_Problem:_
In the records below, find the line that contains "return false;" and the line that contains "let changed = give_bits(bits, &mut". Set down exactly those lines and every line between them, and nothing more.

==== Record extracts

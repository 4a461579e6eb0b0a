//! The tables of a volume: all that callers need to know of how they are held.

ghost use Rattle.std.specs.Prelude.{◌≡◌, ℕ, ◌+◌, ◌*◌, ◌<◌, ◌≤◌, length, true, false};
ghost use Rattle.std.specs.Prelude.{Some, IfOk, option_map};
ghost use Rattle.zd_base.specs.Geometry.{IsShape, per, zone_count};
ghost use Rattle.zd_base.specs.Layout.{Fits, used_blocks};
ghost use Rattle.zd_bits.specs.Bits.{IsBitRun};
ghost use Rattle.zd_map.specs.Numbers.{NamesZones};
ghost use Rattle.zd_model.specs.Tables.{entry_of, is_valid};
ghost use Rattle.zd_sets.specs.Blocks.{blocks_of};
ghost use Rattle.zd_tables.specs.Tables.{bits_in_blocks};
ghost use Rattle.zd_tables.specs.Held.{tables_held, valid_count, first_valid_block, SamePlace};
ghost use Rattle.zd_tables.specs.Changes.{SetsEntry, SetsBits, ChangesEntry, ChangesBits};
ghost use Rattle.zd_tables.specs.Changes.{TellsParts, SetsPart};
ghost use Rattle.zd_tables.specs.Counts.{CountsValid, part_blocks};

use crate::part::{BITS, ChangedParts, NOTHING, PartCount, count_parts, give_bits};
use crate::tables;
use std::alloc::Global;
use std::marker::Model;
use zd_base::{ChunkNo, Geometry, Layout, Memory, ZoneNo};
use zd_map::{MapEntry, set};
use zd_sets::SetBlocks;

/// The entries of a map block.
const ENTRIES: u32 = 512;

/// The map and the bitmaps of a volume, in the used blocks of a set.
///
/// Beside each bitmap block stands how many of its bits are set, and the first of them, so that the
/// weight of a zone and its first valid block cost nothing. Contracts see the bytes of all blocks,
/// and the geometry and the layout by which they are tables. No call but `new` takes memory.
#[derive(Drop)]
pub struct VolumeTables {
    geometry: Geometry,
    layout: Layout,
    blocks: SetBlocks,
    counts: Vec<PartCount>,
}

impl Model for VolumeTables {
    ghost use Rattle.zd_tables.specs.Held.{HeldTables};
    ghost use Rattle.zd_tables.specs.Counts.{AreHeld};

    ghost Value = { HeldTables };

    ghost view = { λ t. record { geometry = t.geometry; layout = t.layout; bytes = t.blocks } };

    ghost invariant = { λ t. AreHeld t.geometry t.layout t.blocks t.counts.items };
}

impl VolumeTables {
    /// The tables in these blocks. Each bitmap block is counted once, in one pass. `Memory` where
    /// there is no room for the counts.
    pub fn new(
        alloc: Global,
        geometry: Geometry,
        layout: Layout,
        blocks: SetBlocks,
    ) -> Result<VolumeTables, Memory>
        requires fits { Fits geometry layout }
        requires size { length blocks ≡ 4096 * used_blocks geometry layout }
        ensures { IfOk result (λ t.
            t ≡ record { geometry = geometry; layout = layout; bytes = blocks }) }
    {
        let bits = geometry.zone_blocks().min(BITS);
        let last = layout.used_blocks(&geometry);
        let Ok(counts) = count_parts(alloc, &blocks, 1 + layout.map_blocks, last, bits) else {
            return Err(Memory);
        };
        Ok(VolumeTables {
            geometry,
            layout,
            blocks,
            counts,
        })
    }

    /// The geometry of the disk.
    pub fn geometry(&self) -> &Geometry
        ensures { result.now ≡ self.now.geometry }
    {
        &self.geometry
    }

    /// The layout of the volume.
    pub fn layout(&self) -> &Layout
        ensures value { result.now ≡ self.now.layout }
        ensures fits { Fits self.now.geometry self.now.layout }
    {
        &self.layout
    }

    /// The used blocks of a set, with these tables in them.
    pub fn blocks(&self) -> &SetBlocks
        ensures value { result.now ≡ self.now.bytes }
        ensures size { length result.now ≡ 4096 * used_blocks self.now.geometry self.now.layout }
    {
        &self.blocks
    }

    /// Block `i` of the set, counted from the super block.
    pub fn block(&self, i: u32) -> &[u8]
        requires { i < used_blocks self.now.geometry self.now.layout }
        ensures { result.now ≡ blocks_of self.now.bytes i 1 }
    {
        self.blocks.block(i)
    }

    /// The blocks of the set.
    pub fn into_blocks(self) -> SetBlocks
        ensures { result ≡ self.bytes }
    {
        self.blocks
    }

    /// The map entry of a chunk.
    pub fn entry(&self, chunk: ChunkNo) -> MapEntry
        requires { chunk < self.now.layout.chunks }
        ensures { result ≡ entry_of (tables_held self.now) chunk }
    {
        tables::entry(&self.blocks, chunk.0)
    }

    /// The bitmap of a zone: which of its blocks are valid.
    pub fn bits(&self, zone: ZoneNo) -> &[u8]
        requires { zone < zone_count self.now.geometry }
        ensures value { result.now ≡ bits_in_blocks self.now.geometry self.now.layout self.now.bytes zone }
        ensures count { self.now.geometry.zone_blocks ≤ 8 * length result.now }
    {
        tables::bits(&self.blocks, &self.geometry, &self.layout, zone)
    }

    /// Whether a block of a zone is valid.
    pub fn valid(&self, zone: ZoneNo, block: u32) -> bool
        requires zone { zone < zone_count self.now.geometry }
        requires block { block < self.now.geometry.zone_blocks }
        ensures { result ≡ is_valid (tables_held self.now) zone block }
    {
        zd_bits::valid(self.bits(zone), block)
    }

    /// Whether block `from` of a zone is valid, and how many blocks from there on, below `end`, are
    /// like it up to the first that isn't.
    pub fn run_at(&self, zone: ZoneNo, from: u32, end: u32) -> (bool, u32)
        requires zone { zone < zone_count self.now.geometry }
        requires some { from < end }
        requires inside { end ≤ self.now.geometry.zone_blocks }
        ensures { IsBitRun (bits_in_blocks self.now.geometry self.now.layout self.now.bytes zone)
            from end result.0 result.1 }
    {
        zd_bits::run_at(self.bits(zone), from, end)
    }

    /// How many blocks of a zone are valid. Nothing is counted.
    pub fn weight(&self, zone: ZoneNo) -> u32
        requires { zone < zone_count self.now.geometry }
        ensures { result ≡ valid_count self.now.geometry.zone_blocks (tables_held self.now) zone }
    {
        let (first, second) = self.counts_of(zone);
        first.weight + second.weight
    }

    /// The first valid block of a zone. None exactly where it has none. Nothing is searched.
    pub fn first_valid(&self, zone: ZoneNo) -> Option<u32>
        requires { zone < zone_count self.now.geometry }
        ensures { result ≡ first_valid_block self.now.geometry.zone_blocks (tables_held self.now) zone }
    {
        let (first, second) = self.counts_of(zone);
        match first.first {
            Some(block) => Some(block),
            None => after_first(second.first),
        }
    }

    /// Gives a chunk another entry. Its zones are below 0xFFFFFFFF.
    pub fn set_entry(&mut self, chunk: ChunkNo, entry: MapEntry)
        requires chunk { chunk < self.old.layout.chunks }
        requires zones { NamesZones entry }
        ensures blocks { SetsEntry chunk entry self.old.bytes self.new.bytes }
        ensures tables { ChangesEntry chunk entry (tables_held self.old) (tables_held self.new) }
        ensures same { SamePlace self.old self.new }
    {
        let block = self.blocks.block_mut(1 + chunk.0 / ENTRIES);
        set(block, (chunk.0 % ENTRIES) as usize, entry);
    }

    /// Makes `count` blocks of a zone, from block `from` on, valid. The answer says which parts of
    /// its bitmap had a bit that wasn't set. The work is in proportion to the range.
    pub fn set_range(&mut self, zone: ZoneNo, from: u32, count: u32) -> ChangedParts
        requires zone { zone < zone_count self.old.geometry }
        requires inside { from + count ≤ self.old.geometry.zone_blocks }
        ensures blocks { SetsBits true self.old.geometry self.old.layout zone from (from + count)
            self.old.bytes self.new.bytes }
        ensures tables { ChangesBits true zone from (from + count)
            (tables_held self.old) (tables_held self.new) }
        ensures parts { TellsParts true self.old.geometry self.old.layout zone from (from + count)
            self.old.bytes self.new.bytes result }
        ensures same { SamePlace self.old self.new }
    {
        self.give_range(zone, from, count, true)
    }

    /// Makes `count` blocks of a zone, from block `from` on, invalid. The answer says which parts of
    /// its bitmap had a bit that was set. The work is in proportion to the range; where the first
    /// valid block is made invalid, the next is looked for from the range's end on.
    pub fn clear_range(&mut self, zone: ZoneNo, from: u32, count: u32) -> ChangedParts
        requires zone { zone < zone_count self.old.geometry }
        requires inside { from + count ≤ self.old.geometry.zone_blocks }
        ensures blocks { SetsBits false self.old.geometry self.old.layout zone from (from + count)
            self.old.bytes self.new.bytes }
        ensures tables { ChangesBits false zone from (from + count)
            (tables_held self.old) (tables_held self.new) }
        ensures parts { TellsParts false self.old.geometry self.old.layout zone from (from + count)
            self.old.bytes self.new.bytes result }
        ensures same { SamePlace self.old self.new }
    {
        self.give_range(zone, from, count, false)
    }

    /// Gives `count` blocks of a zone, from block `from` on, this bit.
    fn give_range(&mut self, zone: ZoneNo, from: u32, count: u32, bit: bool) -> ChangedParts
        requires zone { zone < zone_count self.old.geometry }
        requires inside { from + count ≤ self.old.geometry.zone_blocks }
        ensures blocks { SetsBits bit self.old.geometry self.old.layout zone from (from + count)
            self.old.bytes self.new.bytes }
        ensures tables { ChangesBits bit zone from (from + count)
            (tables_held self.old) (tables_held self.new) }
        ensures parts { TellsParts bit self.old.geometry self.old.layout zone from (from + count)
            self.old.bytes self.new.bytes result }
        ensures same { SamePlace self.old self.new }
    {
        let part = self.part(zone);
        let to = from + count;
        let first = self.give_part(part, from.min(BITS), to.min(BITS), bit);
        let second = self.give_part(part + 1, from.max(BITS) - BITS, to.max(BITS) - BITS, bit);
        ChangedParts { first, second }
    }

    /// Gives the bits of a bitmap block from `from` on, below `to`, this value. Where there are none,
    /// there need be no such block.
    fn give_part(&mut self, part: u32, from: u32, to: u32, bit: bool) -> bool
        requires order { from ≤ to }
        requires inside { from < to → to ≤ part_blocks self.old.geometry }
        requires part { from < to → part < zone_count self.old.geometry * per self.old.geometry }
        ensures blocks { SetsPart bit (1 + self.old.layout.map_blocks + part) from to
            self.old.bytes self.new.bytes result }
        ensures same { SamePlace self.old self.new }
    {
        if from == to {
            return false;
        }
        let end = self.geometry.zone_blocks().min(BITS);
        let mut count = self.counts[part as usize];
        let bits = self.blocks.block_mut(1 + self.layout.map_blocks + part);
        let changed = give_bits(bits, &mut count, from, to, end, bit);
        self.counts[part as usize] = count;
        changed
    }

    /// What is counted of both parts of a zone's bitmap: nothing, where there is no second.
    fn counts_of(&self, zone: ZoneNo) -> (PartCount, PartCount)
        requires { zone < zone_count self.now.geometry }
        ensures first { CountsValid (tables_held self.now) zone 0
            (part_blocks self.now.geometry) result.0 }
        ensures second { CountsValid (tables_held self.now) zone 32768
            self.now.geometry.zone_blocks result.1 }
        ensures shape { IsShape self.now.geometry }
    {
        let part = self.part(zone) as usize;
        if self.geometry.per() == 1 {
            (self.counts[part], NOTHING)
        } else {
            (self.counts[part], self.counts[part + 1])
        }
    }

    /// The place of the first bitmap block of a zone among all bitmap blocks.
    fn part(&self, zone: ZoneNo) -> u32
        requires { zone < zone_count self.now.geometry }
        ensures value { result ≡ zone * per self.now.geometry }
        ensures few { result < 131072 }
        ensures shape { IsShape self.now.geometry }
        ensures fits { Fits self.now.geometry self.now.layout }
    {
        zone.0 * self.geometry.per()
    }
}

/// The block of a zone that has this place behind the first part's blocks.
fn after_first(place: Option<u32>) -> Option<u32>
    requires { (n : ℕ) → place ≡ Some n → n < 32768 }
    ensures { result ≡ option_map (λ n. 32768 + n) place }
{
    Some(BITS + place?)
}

========

_Expected answer:_
            return false;
        }
        let end = self.geometry.zone_blocks().min(BITS);
        let mut count = self.counts[part as usize];
        let bits = self.blocks.block_mut(1 + self.layout.map_blocks + part);
        let changed = give_bits(bits, &mut count, from, to, end, bit);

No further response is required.